Wer immer schon einmal ein Spiel ausprobieren wollte, das in China nicht ohne Beschränkungen genutzt werden kann, der sollte aktuell Nintendos "Animal Crossing: New Horizons" testen. Was das Spiel so gefährlich macht, dass man den Zugang beschränken muss? Ganz einfach: Es ermöglicht Austausch und Protestkundgebungen.

Animal Crossing aus dem Hause Nintendo ermöglicht es den Spielern, ihre eigenen, kunterbunten Inseln zu bevölkern und zu gestalten. Man trifft sich auf einen kleinen Plausch und designt seine Insel. Und genau diese Gestaltungsmöglichkeiten bieten kreativen Köpfen die Chance, auch Protest auszudrücken.

"BLM" und Hongkong

Klare Ansagen und . . . - © Twitter
Klare Ansagen und . . . - © Twitter

In China wird das Spiel offiziell nur mit Server-Beschränkungen verkauft. Dies bedeutet, dass chinesische Spieler nicht mit internationalen Mitspielern in Kontakt treten oder deren Inseln besuchen können. Diese Einschränkungen wurden eingeführt, nachdem der Demokratieaktivist Joshua Wong aus Hongkong damit gegen die Herrschaft Pekings protestiert hat. Wong veröffentlichte auf Twitter einen Screenshot seiner Insel, die mit einem Banner verziert war, auf dem stand: "Free Hong Kong, Revolution now". "Wir versuchen unser Bestes, um eine Insel zu einem Protestort zu machen", sagte Wong damals.

. . . auffällige Plakate. - © Twitter
. . . auffällige Plakate. - © Twitter

Doch nicht nur die Demokratiebewegung setzt Zeichen in dem Spiel - große Solidarität und zahlreiche Aktionen unterstützen derzeit die Anliegen der "Black Lives Matter"-Proteste. Die Spielfiguren werden mit speziell entworfenen Kleidungsstücken ausgestattet und die Inseln bekommen auffällig Werbetafeln und laden so zum gemeinsamen Austausch und diskutieren ein.

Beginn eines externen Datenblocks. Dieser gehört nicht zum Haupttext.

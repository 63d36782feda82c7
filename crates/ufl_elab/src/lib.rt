//! Form files as values: the statements of a file become the forms that it exports.
//!
//! Statements are taken one by one. Inside one, inner parts come before outer ones, a name before its arguments and the
//! left before the right; the first part that has no value refuses the file, with the line of its statement and its
//! word.
#![tactic(auto)]

mod bound;
mod evaluation;
mod exports;
mod head;
pub mod laws;
mod names;
mod program;
mod shared;
mod statements;
#[cfg(test)]
mod tests;

pub use program::{Named, UflProgram};
pub use statements::elaborate;
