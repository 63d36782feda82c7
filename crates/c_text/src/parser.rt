// The tokens of a text, with one token of look-ahead.

ghost use Rattle.std.specs.Prelude.{◌≡◌, ◌<◌, ◌≤◌, ◌^◌, length, map, OnOk, bytes_eq};
ghost use Rattle.slices.specs.Tokens.{rest_of, token_of};
ghost use Rattle.c_text.specs.Stream.{stream_of as stream_of_text, stream_at, stream_behind, text_ahead as text_of_next, Gives, shift as shifted, expect as expected, expects as all_expected, last_line as line_of_last};
ghost use Rattle.c_text.specs.Parser.{stream, left};

use crate::refusal::{KernelKind, KernelRefusal, ReadFault};
use slices::{Table, Tok, Toks};

/// The tokens that are still to be read.
#[derive(Drop)]
pub struct Parser<'a> {
    pub toks: Toks<'a>,
    pub ahead: Option<Tok<'a>>,
    /// What is wrong where a token is wanted and there is none.
    pub end: KernelRefusal,
}

pub fn syntax(line: u32) -> ReadFault
    ensures { result ≡ ReadFault.Refused (record { kind = KernelKind.Syntax; line = line }) }
{
    ReadFault::Refused(KernelRefusal {
        kind: KernelKind::Syntax,
        line,
    })
}

// The line of the last byte.
fn last_line(text: &[u8]) -> u32
    requires { length text.now < 2 ^ 32 }
    ensures { result ≡ line_of_last text.now }
{
    if text.is_empty() {
        return 0;
    }
    let before = &text[..text.len() - 1];
    let feeds = before.iter().filter(|byte| **byte == b'\n').count();
    1 + feeds as u32
}

impl<'a> Parser<'a> {
    #[tactic(auto, unfolding(crate::specs::Stream::stream_of))]
    pub fn new(text: &'a [u8]) -> Parser<'a>
        requires { length text.now < 2 ^ 32 }
        ensures { stream result ≡ stream_of_text text.now }
    {
        let mut parser = Parser {
            toks: Toks::new(text, Table::C),
            ahead: None,
            end: KernelRefusal {
                kind: KernelKind::Syntax,
                line: last_line(text),
            },
        };
        parser.advance();
        parser
    }

    // Reads one token ahead.
    #[tactic(auto, using(slices::proofs::Ahead::tokens_next), unfolding(crate::specs::Stream::stream_behind))]
    fn advance(&mut self)
        ensures { stream self.new ≡ stream_at (rest_of self.old.toks) self.old.end }
    {
        self.ahead = None;
        match self.toks.next() {
            None => {}
            Some(Ok(token)) => self.ahead = Some(token),
            Some(Err(place)) => self.end = KernelRefusal {
                kind: KernelKind::Lex,
                line: place.line,
            },
        }
    }

    /// The next token.
    #[tactic(auto, unfolding(crate::specs::Stream::shift, crate::specs::Stream::stream_behind))]
    pub fn shift(&mut self) -> Result<Tok<'a>, ReadFault>
        ensures read { Gives token_of result (stream self.new) (shifted (stream self.old)) }
        ensures shorter { OnOk result (left self.new < left self.old) }
    {
        let Some(token) = self.ahead else {
            return Err(ReadFault::Refused(self.end));
        };
        self.advance();
        Ok(token)
    }

    /// Whether the next token is this one.
    #[tactic(auto, unfolding(crate::specs::Stream::text_ahead, crate::specs::Stream::stream_behind))]
    pub fn next_is(&self, word: &[u8]) -> bool
        ensures { result ≡ bytes_eq (text_of_next (stream self.now)) word.now }
    {
        match self.ahead {
            Some(token) => token.text == word,
            None => word.is_empty(),
        }
    }

    /// This word or sign; the answer is its line.
    #[tactic(auto, unfolding(crate::specs::Stream::expect))]
    pub fn expect(&mut self, word: &[u8]) -> Result<u32, ReadFault>
        ensures read { Gives (λ line. line) result (stream self.new) (expected word.now (stream self.old)) }
        ensures shorter { OnOk result (left self.new < left self.old) }
    {
        let token = self.shift()?;
        if token.text == word {
            Ok(token.line)
        } else {
            Err(syntax(token.line))
        }
    }

    /// These words and signs.
    #[tactic(auto, unfolding(crate::specs::Stream::expects))]
    pub fn expect_all(&mut self, words: &[&[u8]]) -> Result<(), ReadFault>
        ensures read { Gives (λ x. x) result (stream self.new) (all_expected (map (λ w. w.now) words.now) (stream self.old)) }
        ensures shorter { OnOk result (left self.new ≤ left self.old) }
    {
        for word in words {
            self.expect(word)?;
        }
        Ok(())
    }
}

Solidarität mit Hongkong. - © Twitter/Joshua Wong
Solidarität mit Hongkong. - © Twitter/Joshua Wong

Wie fragil dieser Aktivismus und die Form des virtuellen Protests ist, zeigen nicht nur die Zugangsbeschränkungen in China. Einige Nutzer berichten, dass es auch schon Gegenbewegungen gibt: so wird der Regierung in Pekings ebenso gehuldigt wie erste "White Power"-Inseln entstehen. Virtuelle Krawalle sind zwar eher nicht zu erwarten, aber es wird interessant zu beobachten sein, wie sich die Aktionen in den kommenden Wochen weiterentwickeln. Auch und gerade wenn der politische Druck auf Nintendo erhöht werden sollte.

Die Computerspielbranche hat sich quer über den Globus dezidiert hinter die Anliegen der "Black Lives Matter"-Bewegung gestellt, hat selbst aber genug mit Rassismus und Sexismus-Vorwürfen zu kämpfen. Weder Minderheiten, noch Frauen sind in Spielen allzu häufig als Hauptcharaktere anzutreffen, oftmals wird mit Klischees oder sexistischen Stereotypen gespielt. Aber angesichts wachsender Kritik und der aktuellen Diskussionen sollte es auch in dieser Branche zu einem Umdenken kommen können.